Although the tested doses of DBPs may not occur naturally in the environment, there is a potential for unusually high concentrations of these compounds to form in highly chlorinated reclaimed water and discharges from wastewater treatment plants, which are often used for irrigation (Munasinghe-Arachchige et al. 2021; Hong et al. 2022; Liang et al. 2022; Souza-Chaves et al. 2022; Xiao et al. 2023). Consequently, plants grown in such conditions should be monitored for phytotoxicity. In addition, it is important to investigate the potential accumulation of DBPs in plants, particularly in edible plant parts. Plants grown with reclaimed water need to be assessed for potential risks associated with the ingestion of these compounds.

Conclusions

The present study established the phytotoxicity of TCM, BDCM, DBCM, TBM, and their mixture, as well as of TCAA. High doses of DBPs negatively impacted seed germination and root growth of V. radiata and A. cepa. The observed increasing toxicity with higher DBP concentrations emphasizes the need for careful monitoring of DBP concentrations in the environment to prevent potential harm to plants and ecosystems. The presence of CAs in onion root cells indicated cytotoxicity and the rising H2O2 concentration suggested oxidative stress and cell disruption. The individual THMs posed higher toxicity to both plant species than their mixture.
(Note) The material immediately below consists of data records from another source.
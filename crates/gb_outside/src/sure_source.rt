//! A source that never fails.
ghost use Rattle.std.specs.Prelude.{◌≡◌, Some};
ghost use Rattle.gb_outside.specs.declared.sure_source.SureSource.{SureSource};

use crate::moves::move_front;
use crate::{Got, Source};

/// Bytes of a slice that come in with no fault.
#[derive(Debug, Drop)]
pub struct SureSource<'a> {
    bytes: &'a [u8],
}

impl<'a> SureSource<'a> {
    /// These bytes, all still to come.
    pub fn new(bytes: &'a [u8]) -> SureSource<'a>
        ensures left { ⟦<SureSource<'a> as Source>⟧.left result ≡ Some bytes.now }
        ensures sure { (source : SureSource) → ⟦<SureSource<'a> as Source>⟧.faults source ≡ 0 }
    {
        SureSource { bytes }
    }
}

impl Source for SureSource<'_> {
    ghost use Rattle.std.specs.Prelude.{Some};

    ghost left = { λ s. Some s.bytes.now };

    ghost faults = { λ _. 0 };

    fn read(&mut self, into: &mut [u8]) -> Got {
        if self.bytes.is_empty() {
            return Got::End;
        }
        let (n, rest) = move_front(self.bytes, into);
        self.bytes = rest;
        Got::Bytes(n)
    }
}
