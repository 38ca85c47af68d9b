//! A sink that never fails.
ghost use Rattle.std.specs.Prelude.{◌≡◌, None};
ghost use Rattle.gb_outside.specs.declared.sure_sink.SureSink.{SureSink};

use crate::{Sink, Wrote};

/// Takes all that is written, with no fault, and keeps nothing.
#[derive(Clone, Copy, Debug, Default)]
pub struct SureSink;

impl SureSink {
    /// A sink that takes everything.
    pub fn new() -> SureSink
        ensures untold { (sink : SureSink) → ⟦<SureSink as Sink>⟧.written sink ≡ None }
        ensures sure { (sink : SureSink) → ⟦<SureSink as Sink>⟧.faults sink ≡ 0 }
    {
        SureSink
    }
}

impl Sink for SureSink {
    ghost use Rattle.std.specs.Prelude.{◌≡◌, None, length};
    ghost use Rattle.gb_outside.specs.declared.streams.Wrote.TheVariants.{Took};

    ghost written = { λ _. None };

    ghost faults = { λ _. 0 };

    fn write(&mut self, piece: &[u8]) -> Wrote
        ensures { result ≡ Took (length piece.now) }
    {
        Wrote::Took(piece.len())
    }
}
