//! Links, which read and write.
use crate::{Got, Wrote};

/// A connection: bytes that come in and bytes that go out, with one count of faults.
pub trait Link {
    ghost use Rattle.std.specs.Prelude.{◌≡◌, ℕ, ◌<◌, List, Option, length};
    ghost use Rattle.gb_outside.specs.Bytes.{IsGot, Reads, read_failed, IsTaken, Writes, write_failed};
    ghost use Rattle.gb_outside.specs.Faults.{Counts};

    /// The bytes still to come, where the link tells them.
    ghost left: { Self → Option (List ℕ) };

    /// The bytes written so far, where the link tells them.
    ghost written: { Self → Option (List ℕ) };

    /// How often the link has failed.
    ghost faults: { Self → ℕ };

    /// Reads some of the bytes to come. A link that gives none is at its end.
    fn read(&mut self, into: &mut [u8]) -> Got
        requires { 0 < length into.old }
        ensures count { IsGot result (length into.new) }
        ensures content { Reads (left self.old) (left self.new) result into.new }
        ensures written { written self.new ≡ written self.old }
        ensures cause { Counts (faults self.old) (faults self.new) (read_failed result) };

    /// Writes some of a piece, from its front.
    fn write(&mut self, piece: &[u8]) -> Wrote
        ensures count { IsTaken result (length piece.now) }
        ensures content { Writes (written self.old) (written self.new) result piece.now }
        ensures left { left self.new ≡ left self.old }
        ensures cause { Counts (faults self.old) (faults self.new) (write_failed result) };
}
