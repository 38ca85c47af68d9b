//! A door in memory, by which tests and proofs see what was written to each connection.
ghost use Rattle.std.specs.Prelude.{◌≡◌, Some, [], All, IfOk};
ghost use Rattle.gb_outside.specs.InMemory.{IsUnused, bytes_waiting, pairs_served};

use crate::calls::Calls;
use crate::{Door, Listener, MemLink};
use gb_base::NoMemory;
use std::alloc::Global;
use std::marker::Model;
use std::vec::IntoIter;

/// A door through which the links of a list come in order, and which keeps those that are taken
/// back. Accepts of chosen numbers fail.
#[derive(Drop)]
pub struct MemListener<'a> {
    waiting: IntoIter<MemLink<'a>>,
    served: Vec<MemLink<'a>>,
    out: usize,
    calls: Calls<'a>,
    faults: u64,
}

impl<'a> Model for MemListener<'a> {
    ghost use Rattle.std.specs.Prelude.{◌≤◌, ◌+◌, All, length, vec_len};
    ghost use Rattle.std.specs.Vec.{vec_capacity};
    ghost use Rattle.std.specs.Vec.Iter.{into_iter_items};
    ghost use Rattle.gb_outside.specs.InMemory.{LinksInOut, IsUnused};

    ghost Value = { LinksInOut };

    ghost view = { λ a. record { waiting = into_iter_items a.waiting; served = a.served.items; out = a.out; plan = a.calls; faults = a.faults } };

    ghost invariant = { λ a. All IsUnused (into_iter_items a.waiting)
        × (length (into_iter_items a.waiting) + a.out + vec_len a.served ≤ vec_capacity a.served) };
}

impl<'a> MemListener<'a> {
    /// A listener to which these links come, of which no call was made. `fail` has the numbers,
    /// from 1, of the accepts that are to fail.
    pub fn new(
        alloc: Global,
        links: Vec<MemLink<'a>>,
        fail: &'a [u32],
    ) -> Result<MemListener<'a>, NoMemory>
        requires unused { All IsUnused links.items }
        ensures waiting { IfOk result (λ door. ⟦<MemListener<'a> as Listener>⟧.waiting door ≡ Some (bytes_waiting links.entry.items)) }
        ensures served { IfOk result (λ door. ⟦<MemListener<'a> as Listener>⟧.served door ≡ Some []) }
        ensures out { IfOk result (λ door. ⟦<MemListener<'a> as Listener>⟧.out door ≡ 0) }
        ensures faults { IfOk result (λ door. ⟦<MemListener<'a> as Listener>⟧.faults door ≡ 0) }
        ensures links { IfOk result (λ door. door.waiting ≡ links.entry.items) }
        ensures plan { IfOk result (λ door. door.plan ≡ record { made = 0; failing = fail.now }) }
    {
        let served = Vec::with_capacity(alloc, links.len())?;
        Ok(MemListener {
            waiting: links.into_iter(),
            served,
            out: 0,
            calls: Calls::new(fail),
            faults: 0,
        })
    }

    /// The links taken back, in order.
    pub fn served(&self) -> &[MemLink<'a>]
        ensures links { result.now ≡ self.now.served }
        ensures told { ⟦<MemListener<'a> as Listener>⟧.served self.now ≡ Some (pairs_served result.now) }
    {
        &self.served
    }
}

impl<'a> Listener for MemListener<'a> {
    type Link = MemLink<'a>;

    ghost use Rattle.std.specs.Prelude.{◌≡◌, ◌+◌, ◌≤◌, ◌++◌, ◌∷◌, [], Some, IsSome};
    ghost use Rattle.gb_outside.specs.Doors.{Accepts, Serves, out_after, accept_failed};
    ghost use Rattle.gb_outside.specs.Faults.{Counts, faults_after};
    ghost use Rattle.gb_outside.specs.InMemory.{fails_next, after_call, accept_answer, links_left, bytes_waiting, pairs_served};

    ghost waiting = { λ s. Some (bytes_waiting s.waiting) };

    ghost served = { λ s. Some (pairs_served s.served) };

    ghost out = { λ s. s.out };

    ghost faults = { λ s. s.faults };

    fn accept(&mut self) -> Door<MemLink<'a>>
        ensures links { Accepts (λ link. Some link.left) (λ link. Some link.written) (λ link. link.faults)
            (Some (pairs_served self.old.served))
            (Some (bytes_waiting self.old.waiting)) (Some (bytes_waiting self.new.waiting)) result }
        ensures served { Some (pairs_served self.new.served)
            ≡ Some (pairs_served self.old.served) }
        ensures out { IsSome (Some (pairs_served self.old.served)) → self.new.out ≡ out_after self.old.out result }
        ensures cause { Counts self.old.faults self.new.faults (accept_failed result) }
        ensures once { self.new.faults ≡ faults_after self.old.faults (accept_failed result) }
        ensures answer { result ≡ accept_answer (fails_next self.old.plan) self.old.waiting }
        ensures left { self.new.waiting ≡ links_left (fails_next self.old.plan) self.old.waiting }
        ensures kept { self.new.served ≡ self.old.served }
        ensures plan { self.new.plan ≡ after_call self.old.plan }
    {
        if self.calls.next_fails() {
            self.faults = self.faults.saturating_add(1);
            return Door::Failed;
        }
        match self.waiting.next() {
            Some(link) => {
                self.out += 1;
                Door::Open(link)
            }
            None => Door::Closed,
        }
    }

    fn done(&mut self, link: MemLink<'a>)
        requires { IsSome (Some (pairs_served self.old.served)) → 1 ≤ self.old.out }
        ensures served { Serves (Some (pairs_served self.old.served))
            (Some (pairs_served self.new.served)) (Some link.entry.written) link.entry.faults }
        ensures waiting { Some (bytes_waiting self.new.waiting) ≡ Some (bytes_waiting self.old.waiting) }
        ensures out { IsSome (Some (pairs_served self.old.served)) → self.new.out + 1 ≡ self.old.out }
        ensures cause { self.new.faults ≡ self.old.faults }
        ensures kept { self.new.served ≡ self.old.served ++ link.entry ∷ [] }
        ensures left { self.new.waiting ≡ self.old.waiting }
        ensures plan { self.new.plan ≡ self.old.plan }
    {
        self.out -= 1;
        self.served.push_reserved(link);
    }
}
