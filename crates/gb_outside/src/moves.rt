//! Moves bytes from one slice to another.
ghost use Rattle.std.specs.Prelude.{◌≡◌, length, take, drop, min};

/// Moves as many of the bytes as there is room for, from their front, and answers what is left.
pub(crate) fn move_front<'a>(bytes: &'a [u8], into: &mut [u8]) -> (usize, &'a [u8])
    ensures count { result.0 ≡ min (length bytes.now) (length into.old) }
    ensures moved { take result.0 into.new ≡ take result.0 bytes.now }
    ensures rest { result.1.now ≡ drop result.0 bytes.now }
{
    let n = bytes.len().min(into.len());
    let (front, rest) = bytes.split_at(n);
    into[..n].copy_from_slice(front);
    (n, rest)
}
Based on the root inhibition assay and mitosis assay results, TCAA was found to be the most toxic of all five DBPs tested, followed by TBM, DBCM, BDCM, and TCM. This implies that brominated THMs were more toxic to plants than TCM. The study provided suggestive evidence of the genotoxicity of various DBPs, particularly TBM and TCAA. Although the tested DBP doses are unlikely to occur in the natural environment, this study offers some insights into the phytotoxicity of DBPs and enables a comparative assessment of individual THMs and their phytotoxicity.